For those who don’t know – Gucci Mane (Radric Delantic Davis) is a famous rap artist who writes some very interesting (and sexist, violent an drug oriented) lyrics. I’d never heard of him before, but the blurbs and sample sounded quite interesting (I enjoy memoirs) and besides, it had good reviews and was on a great sale.
Mane wrote the book while he was in federal prison for a final charge of being a felon with in possession of a guy. The felon part was due to a variety of prior charges including drugs, guns and more probation violations.
I recommend it if you’re interested in the music business but otherwise it can get somewhat boring with his complex relationships with other Atlanta and wider based musicians as well as law enforcement. The best parts are the first and last sections.

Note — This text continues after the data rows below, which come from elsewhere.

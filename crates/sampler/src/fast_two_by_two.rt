// The four taps of a cell that lies inside, read straight from the bytes, no policy asked: their sums and their
// weighted mean. Assumes nothing.
ghost use Rattle.std.specs.Prelude.{◌≡◌, ◌+◌, ◌<◌};
ghost use Rattle.sampler.specs.TwoByTwo as TwoByTwo;
ghost use Rattle.sampler.specs.TwoByTwo.{two_by_two_sums};

use picture::colour::Rgba;
use picture::picture::Picture;
use taps::weighted::{Sums, added, mean, nothing};
use taps::weights::BilinearWeights;

// A row and the row after it, at the weights, whose sum is handed in with them. Where `channels` is a literal at the
// call, it is asked once and not at each tap; as a const parameter it would need a case for two channels, too, which no
// call has. A sum of weights that is worked out elsewhere leaves four sums alike, which the compiler works out side by
// side.
fn sums(picture: Picture, channels: u64, i: u64, j: u64, w: BilinearWeights) -> Sums
    requires same_channels { channels ≡ picture.channels }
    requires i_bound { (i + 1 < picture.width) × (j + 1 < picture.height) }
    ensures { result ≡ two_by_two_sums picture.entry.bytes.now picture.entry.width channels i j w.w00 w.w10 w.w01 w.w11
        w.sum }
{
    let k = (j * picture.width + i) * channels;
    let n = k + picture.width * channels;
    let upper = added(
        picture.widened(channels, k + channels),
        w.w10,
        added(picture.widened(channels, k), w.w00, nothing()),
    );
    let s = added(
        picture.widened(channels, n + channels),
        w.w11,
        added(picture.widened(channels, n), w.w01, upper),
    );
    Sums {
        r: s.r,
        g: s.g,
        b: s.b,
        a: s.a,
        weight: w.sum,
    }
}

// The quotients of sums by the sum of weights.
fn over_weight(s: Sums) -> Rgba
    ensures { result ≡ TwoByTwo.over_weight s }
{
    Rgba {
        r: s.r / s.weight,
        g: s.g / s.weight,
        b: s.b / s.weight,
        a: s.a / s.weight,
    }
}

// The colour of the cell at column i and row j, by its weights and their sum. The channels are literals, so that they
// are asked once and not at each tap; so they are a parameter here, too.
pub fn mixed(picture: Picture, channels: u64, i: u64, j: u64, w: BilinearWeights) -> Rgba
    requires same_channels { channels ≡ picture.channels }
    requires i_bound { (i + 1 < picture.width) × (j + 1 < picture.height) }
    ensures { result ≡ TwoByTwo.mixed picture.entry.bytes.now picture.entry.width channels i j w.w00 w.w10 w.w01 w.w11
        w.sum }
{
    if channels == 4 {
        return mean(sums(picture, 4, i, j, w));
    }
    if channels == 3 {
        return over_weight(sums(picture, 3, i, j, w));
    }
    over_weight(sums(picture, channels, i, j, w))
}
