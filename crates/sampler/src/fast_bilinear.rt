// The four taps of `Bilinear`, in a cell inside the picture or in any. Assumes that the point's coordinates are at most
// 2^30 + 1 in magnitude.
ghost use Rattle.std.specs.Prelude.{◌≡◌, [], ◌∷◌, ◌+◌, ◌<◌};
ghost use Rattle.exact.specs.Weighted.{Unit32};
ghost use Rattle.sampler.specs.Interpolate as Interpolate;
ghost use Rattle.sampler.specs.TwoByTwo.{cell_colour};
ghost use Rattle.taps.specs.Cell.{Reached};
ghost use Rattle.taps.specs.declared.interpolation.Interpolation.TheVariants.{Bilinear};
ghost use Rattle.taps.specs.Sampler.{plane_of};
ghost use Rattle.taps.specs.Taps.{taps};
ghost use Rattle.taps.specs.Weighted.{weighted};
ghost use Rattle.taps.specs.Weights.{four_weights, weights};

use crate::fast_two_by_two::mixed;
use endian::pattern::bits_of_i64;
use picture::colour::Rgba;
use picture::picture::Picture;
use taps::cell::{Cell, below, fraction};
use taps::sampler::Sampler;
use taps::weighted::{added, mean, nothing};
use taps::weights::bilinear_weights;

// The weighted mean of the four taps of `Bilinear`.
fn blended(a: Rgba, b: Rgba, c: Rgba, d: Rgba, tx: f32, ty: f32) -> Rgba
    ensures { result ≡ weighted (a ∷ b ∷ c ∷ d ∷ []) (four_weights tx ty) 4 }
{
    let w = bilinear_weights(tx, ty);
    let s = added(b, w.w10, added(a, w.w00, nothing()));
    mean(added(d, w.w11, added(c, w.w01, s)))
}

// The four taps of a cell that lies inside, which no policy is asked for.
fn inside_cell(picture: Picture, i: u64, j: u64, tx: f32, ty: f32) -> Rgba
    requires i_bound { (i + 1 < picture.width) × (j + 1 < picture.height) }
    requires unit32 { Unit32 tx × Unit32 ty }
    ensures { result ≡ cell_colour picture.entry.bytes.now picture.entry.width picture.entry.channels i j tx ty }
{
    mixed(picture, picture.channels, i, j, bilinear_weights(tx, ty))
}

// Those of any cell.
pub fn anywhere(s: Sampler, cell: Cell, tx: f32, ty: f32) -> Rgba
    ensures { result ≡ weighted (taps (plane_of s.entry) (record { column = cell.column; row = cell.row }) 2)
        (weights Bilinear tx ty) 4 }
{
    blended(
        s.tap(cell, 0, 0),
        s.tap(cell, 1, 0),
        s.tap(cell, 0, 1),
        s.tap(cell, 1, 1),
        tx,
        ty,
    )
}

// The four taps around a point, from its cell on.
fn around_cell(s: Sampler, cell: Cell, tx: f32, ty: f32) -> Rgba
    requires { Unit32 tx × Unit32 ty }
    ensures { result ≡ weighted (taps (plane_of s.entry) (record { column = cell.column; row = cell.row }) 2)
        (weights Bilinear tx ty) 4 }
{
    let p = s.picture;
    let i = bits_of_i64(cell.column);
    let j = bits_of_i64(cell.row);
    if i < p.width - 1 && j < p.height - 1 {
        return inside_cell(p, i, j, tx, ty);
    }
    anywhere(s, cell, tx, ty)
}

// The cell and the fraction of a coordinate one after the other, so that the compiler works out one floor for both.
pub fn bilinear(s: Sampler, x: f64, y: f64) -> Rgba
    requires { Reached x × Reached y }
    ensures { result ≡ Interpolate.several Bilinear (plane_of s.entry) x y }
{
    let column = below(x);
    let tx = fraction(x);
    let row = below(y);
    let ty = fraction(y);
    around_cell(s, Cell { column, row }, tx, ty)
}
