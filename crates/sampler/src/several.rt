// The weighted mean of a square of taps, row by row. Assumes that the point's coordinates are at most 2^30 + 1 in
// magnitude.
ghost use Rattle.std.specs.Prelude.{◌≡◌, ◌*◌, ◌≤◌, ◌<◌};
ghost use Rattle.taps.specs.Cell.{Reached};
ghost use Rattle.taps.specs.Sampler.{plane_of};
ghost use Rattle.sampler.specs.Interpolate as Interpolate;
ghost use Rattle.taps.specs.Taps.{taps};
ghost use Rattle.taps.specs.Weighted.{lined, weighted};

use picture::colour::Rgba;
use taps::cell::{Cell, fraction};
use taps::interpolation::Interpolation;
use taps::sampler::Sampler;
use taps::weighted::{Sums, added, mean, nothing};

// The sums with a row of taps added, the row numbered j of n by n.
fn line(s: Sampler, cell: Cell, n: usize, j: usize, weight: &[f32; 16], start: Sums) -> Sums
    requires { (j < n) × (n ≤ 4) }
    ensures { result ≡ lined
        (taps (plane_of s.entry) (record { column = cell.column; row = cell.row }) n) weight.now n j start }
{
    let mut sums = start;
    for i in 0..n {
        sums = added(s.nearby(cell, i, j), weight[j * n + i], sums);
    }
    sums
}

// The weighted mean of the n by n taps from a cell on.
fn mean_of_taps(s: Sampler, cell: Cell, n: usize, weight: &[f32; 16]) -> Rgba
    requires { n ≤ 4 }
    ensures { result ≡ weighted
        (taps (plane_of s.entry) (record { column = cell.column; row = cell.row }) n) weight.now (n * n) }
{
    let mut sums = nothing();
    for j in 0..n {
        sums = line(s, cell, n, j, weight, sums);
    }
    mean(sums)
}

// Every interpolation that weighs several taps.
pub fn several(s: Sampler, i: Interpolation, x: f64, y: f64) -> Rgba
    requires { Reached x × Reached y }
    ensures { result ≡ Interpolate.several i (plane_of s.entry) x y }
{
    let weight = i.weights(fraction(x), fraction(y));
    mean_of_taps(s, i.cell(x, y), i.side(), &weight)
}
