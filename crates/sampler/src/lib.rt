// From a source point to a colour: the nine interpolations' definition (specs/Interpolate), the plain way over any
// square of taps (`several`), and the ways for speed alone: `Bilinear` written out (`fast_bilinear`), and taps that lie
// inside (`fast_two_by_two`, `fast_four_by_four`, `fast_sixteen`). Read by `band`, `fast_colours`, `fast_cubic`,
// `distort`, `chain`, `cards` and `probe_sampler`.
#![tactic(auto)]

mod apart;
pub mod fast_bilinear;
pub mod fast_four_by_four;
pub mod fast_sixteen;
pub mod fast_two_by_two;
pub mod interpolate;
pub mod several;
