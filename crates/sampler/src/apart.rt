// A colour as four numbers. What a function that is not inlined returns lies in memory; taken apart there, it does not
// draw the colours of the other ways into memory with it, where they would be stored in pieces and read in others.
// Assumes nothing.
ghost use Rattle.std.specs.Prelude.{◌≡◌};

use picture::colour::Rgba;

pub fn apart(c: Rgba) -> Rgba
    ensures { result ≡ c }
{
    Rgba {
        r: c.r,
        g: c.g,
        b: c.b,
        a: c.a,
    }
}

The Autobiography of Gucci Mane
by Gucci Mane
2017/ 304 pages
read by Guy Lockhard – 6h 29m
rating: 7 / autobiography
The first part about his family in Alabama and Atlanta until he was in about age fourteen is great. His mother had worked with him at home and that helped him to succeed in school which led to his starting to write poetry and then rap music. The lyrics run to gratuitous drugs, violence and the debasement of women – the kind of thing several celebrities have spoken out about. (Google it.)
But he got involved in drug sales for the money (becoming
addicted later) and that led to other things, but meanwhile he parlayed his music into a career so those two businesses became his life. That’s when the book gets a bit boring because there are so many names and music connections along with criminal activities it gets a bit too confusing to bother paying attention.

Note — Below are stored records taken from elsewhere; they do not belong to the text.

// `Catrom` and `Spline`: where the four by four taps lie inside they are read straight from the bytes, row by row, and
// no policy is asked. Assumes that the point's coordinates are at most 2^30 + 1 in magnitude.
ghost use Rattle.std.specs.Prelude.{◌≡◌};
ghost use Rattle.taps.specs.Cell.{Reached};
ghost use Rattle.taps.specs.Interpolation.{Cubic, code_of};
ghost use Rattle.sampler.specs.Sampled.{sampled};
ghost use Rattle.sampler.specs.Sixteen.{kernel_of};

use crate::fast_four_by_four::four_by_four;
use crate::several::several;
use cubic::cubic::{Catrom, Spline, weights_by};
use endian::pattern::bits_of_i64;
use picture::colour::Rgba;
use picture::shape::side_less;
use taps::cell::{before, below, fraction};
use taps::interpolation::Interpolation;
use taps::sampler::Sampler;

// The weights of a column or a row, by the interpolation.
fn kernel_of(i: Interpolation, t: f32) -> [f32; 4]
    ensures { result ≡ kernel_of (code_of i) t }
{
    match i {
        Interpolation::Catrom => weights_by::<Catrom>(t),
        _ => weights_by::<Spline>(t),
    }
}

// A square of four that lies inside starts before the side less three.
pub fn cubic(s: Sampler, interpolation: Interpolation, x: f64, y: f64) -> Rgba
    requires reached { Reached x × Reached y }
    requires cubic { Cubic (code_of interpolation) }
    ensures { result ≡ sampled s.entry interpolation x y }
{
    let p = s.picture;
    let i = bits_of_i64(before(below(x)));
    let j = bits_of_i64(before(below(y)));
    if i < side_less(p.width, 3) && j < side_less(p.height, 3) {
        let wx = kernel_of(interpolation, fraction(x));
        let wy = kernel_of(interpolation, fraction(y));
        return four_by_four(p, i, j, &wx, &wy);
    }
    several(s, interpolation, x, y)
}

Gucci Mane is a con artist and a self-promoter – it still shows. He’s cleaned up some and that’s part of this story (that’s the part which interested me) but there’s still a lot of ego in the narrative – he’s so impressed with himself – (at least the way that Lockhard reads it).
Finally, in Chapter 18 (out of 25) Gucci starts getting into the ultimate downfall suggested in the Prologue. It’s compelling here – there’s a note of honest self-examination – but not much – but it builds to a pretty fair ending where Gucci seems to have lost some of his arrogant and reckless ways, gained a bit of humility. I hope he makes it. He was released a couple years ago and he’s done well so far.
The writing is okay, it is noted that it was written with the assistance of Neil Martinez-Belkinand, a rap rock magazine editor, and Guy Lockhard reads it like Gucci is talking right to his audience.